Et l'Église combat dans ce monde, avec le Fils, avec la protection de Marie, pour que le deuxième signe qui nous est donné dans l'Apocalypse soit effectivement réalisé. "Mort, où est ta victoire ?" Mal, où viens-tu te cacher ? Où cherches-tu à dispa­raître, loin du Seigneur ? Avons-nous encore des ar­canes où nous nous réfugions loin de cette illumina­tion que représente pour nous le don de la vie de Dieu sur la croix ? le don du Christ qui va jusqu'à la mort pour nous faire vivre ? Pour nous faire vivre aujour­d'hui de la même puissance de résurrection dans l'Église que préfigure Marie. Marie couronnée de douze étoiles, couronnée des douze apôtres, couron­née de tous ceux qui ont été baptisés et qui sont nés ainsi à la vie de Dieu. Oui, que faisons-nous de la résurrection ?

Je suis sidéré en lisant des sondages, je vois qu'il y a 90% de catholiques, mais seulement 5% de pratiquants et parmi eux un bon nombre qui ne croient pas à la résurrection. Dans ce cas-là, nous n'avons plus rien à espérer. Si nous ne croyons pas que notre âme et notre corps seront rendus à leur beauté pre­mière, à retrouver ce paradis perdu, cette ressem­blance de Dieu qu'étaient Adam et Eve, si nous ne croyons pas cela notre espérance est vaine. Nous n'avons plus rien à annoncer.

Et c'est pour cela qu'il n'y a pas, dans l'Église, de demi-mesure. On reproche à l'Église de s'occuper de choses qui ne la regardent pas. On préférerait qu'elle s'occupe simplement de spiritualité ou d'an­noncer son message. Et quand elle dit : le bonheur, c'est cela, c'est d'être auprès de Dieu et pour cela il y a des moyens qu'on appelle la morale, alors on frémit. Quand elle parle de sexualité, on ne veut plus l'enten­dre. Et pourtant, si elle a à cœur d'annoncer un tel message, une telle morale, c'est tout simplement parce qu'elle garde au cœur et devant ses yeux ce message de la résurrection qui affirme que ce sont nos corps qui ressusciteront. Non pas des corps qui après des purifications successives ou des réincarnations se­raient devenus aptes à aller vers Dieu.
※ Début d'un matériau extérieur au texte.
// The cells of stands: how each is held in each quarter of an hour of a day.
ghost use Rattle.std.specs.Prelude.{◌≡◌, ◌≤◌, ◌<◌, ◌++◌, ◌+◌, ◌^◌, OnOk, length};
ghost use Rattle.std.specs.List.{list_any};
ghost use Rattle.apron_rules.specs.declared.limits.TheConstants.{MAX_DAYS, MAX_STANDS};
ghost use Rattle.visit_book.specs.Slots.{slots_of};
ghost use Rattle.plan_lists.specs.Days.{minutes_from};
ghost use Rattle.wall_chart.specs.Cells.{cell, cells, holds_by_plan, holds_in_fact, stand_line};
ghost use Rattle.wall_chart.specs.Chart.{stand_lines};

use crate::rows::push_stand;
use crate::slots::is_held_at_some;
use crate::times::day_start;
use apron_base::{Memory, Minute, Slot, StandNo, Steps};
use apron_rules::AirportParts;
use plan_core::Plan;
use plan_lists::DAY_LENGTH;
use std::alloc::Global;
use std::sync::ledger::Ledger;

// The minutes of a cell.
const CELL_LENGTH: u32 = 15;

// The cells of a day.
const CELLS_OF_DAY: u32 = 96;

/// Writes the lines of all stands at the end. Each stand is looked up once.
pub(crate) fn push_stand_lines<L: Ledger>(
    alloc: Global,
    text: &mut Vec<u8>,
    airport: &AirportParts,
    plan: &Plan,
    day: u32,
    steps: &mut Steps<L>,
) -> Result<(), Memory>
    requires airport { airport.now ≡ plan.now.plan.airport }
    requires stands { length airport.now.stands ≤ MAX_STANDS }
    requires first { 1 ≤ day }
    requires last { day ≤ MAX_DAYS }
    ensures text { OnOk result
        (text.new.items
        ≡ text.old.items
        ++ stand_lines airport.now (slots_of airport.now plan.now.plan.visits) day) }
{
    let index = plan.index();
    let start = day_start(day);
    for place in 0..airport.stands.len() {
        let stand = StandNo(place as u16);
        let slots = index.hits(alloc, stand, start, start + DAY_LENGTH, steps)?;
        push_stand_line(text, airport, &slots, day, stand)?;
    }
    Ok(())
}

fn push_stand_line(
    text: &mut Vec<u8>,
    airport: &AirportParts,
    slots: &[Slot],
    day: u32,
    stand: StandNo,
) -> Result<(), Memory>
    requires first { 1 ≤ day }
    requires last { day ≤ MAX_DAYS }
    ensures text { OnOk result
        (text.new.items ≡ text.old.items ++ stand_line airport.now slots.now day stand) }
{
    push_stand(text, airport, stand)?;
    text.push(b' ')?;
    push_cells(text, slots, day, stand)?;
    text.push(b'\n')?;
    Ok(())
}

pub(crate) fn push_cells(
    text: &mut Vec<u8>,
    slots: &[Slot],
    day: u32,
    stand: StandNo,
) -> Result<(), Memory>
    requires first { 1 ≤ day }
    requires last { day ≤ MAX_DAYS }
    ensures text { OnOk result (text.new.items ≡ text.old.items ++ cells slots.now day stand) }
{
    let start = day_start(day);
    for quarter in 0..CELLS_OF_DAY {
        text.push(cell(slots, stand, start + CELL_LENGTH * quarter))?;
    }
    Ok(())
}

// The cell whose first minute this is.
fn cell(slots: &[Slot], stand: StandNo, from: Minute) -> u8
    requires fits { from + 15 < 2 ^ 32 }
    ensures is { result ≡ cell slots.now stand (minutes_from from 15) }
{
    if is_held_in_fact(slots, stand, from) {
        b'#'
    } else if is_held_by_plan(slots, stand, from) {
        b'='
    } else {
        b'.'
    }
}

fn is_held_in_fact(slots: &[Slot], stand: StandNo, from: Minute) -> bool
    requires fits { from + 15 < 2 ^ 32 }
    ensures is { result ≡ list_any (holds_in_fact stand (minutes_from from 15)) slots.now }
{
    slots.iter().any(|slot| holds_in_fact(stand, slot, from))
}

fn is_held_by_plan(slots: &[Slot], stand: StandNo, from: Minute) -> bool
    requires fits { from + 15 < 2 ^ 32 }
    ensures is { result ≡ list_any (holds_by_plan stand (minutes_from from 15)) slots.now }
{
    slots.iter().any(|slot| holds_by_plan(stand, slot, from))
}

fn holds_in_fact(stand: StandNo, slot: &Slot, from: Minute) -> bool
    requires fits { from + 15 < 2 ^ 32 }
    ensures is { result ≡ holds_in_fact stand (minutes_from from 15) slot.now }
{
    slot.stand.0 == stand.0 && slot.actual && is_held_at_some(slot, from, CELL_LENGTH)
}

fn holds_by_plan(stand: StandNo, slot: &Slot, from: Minute) -> bool
    requires fits { from + 15 < 2 ^ 32 }
    ensures is { result ≡ holds_by_plan stand (minutes_from from 15) slot.now }
{
    slot.stand.0 == stand.0 && !slot.actual && is_held_at_some(slot, from, CELL_LENGTH)
}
Non, c'est notre corps, le lieu vivant de notre personne, le reflet de notre âme, notre corps qui de­vient le lieu de l'alliance avec Dieu, c'est ce corps-là qui est appelé à la résurrection. C'est pourquoi, dans l'Église, on s'intéresse au corps, on s'intéresse à l'hu­manité, car tout ce qui est corps est beau en tant que reflet de la beauté de Dieu, du Fils le plus beau des enfants des hommes qui nous a appelés à accueillir le don de sa vie, à respecter notre corps afin que nous puissions vivre de la résurrection qui doit transformer notre corps en la figure resplendissante d'enfants de Dieu, d'enfants de lumière.

C'est ce que nous vivons aujourd'hui dans le mystère de l'Assomption. Marie monte au ciel en son corps et en son âme. Elle est préservée de la corrup­tion. Elle monte avec toute sa personne près de Dieu pour être accueillie dans le sein de la Trinité, elle qui a accueilli le Fils de Dieu dans la pureté de sa chair.

Nous aussi et surtout Charline qui va être baptisée, qui va être plongée dans la mort et la résur­rection du Christ, est appelée en ce qu'elle a en elle de plus intime, à vivre cette union, ce sacrement de Dieu dans l'amour éternel qui resplendit sur la face de Ma­rie, et donc sur cette femme de l'Apocalypse qui est l'Église, vivant de la vie de Dieu, de sa résurrection.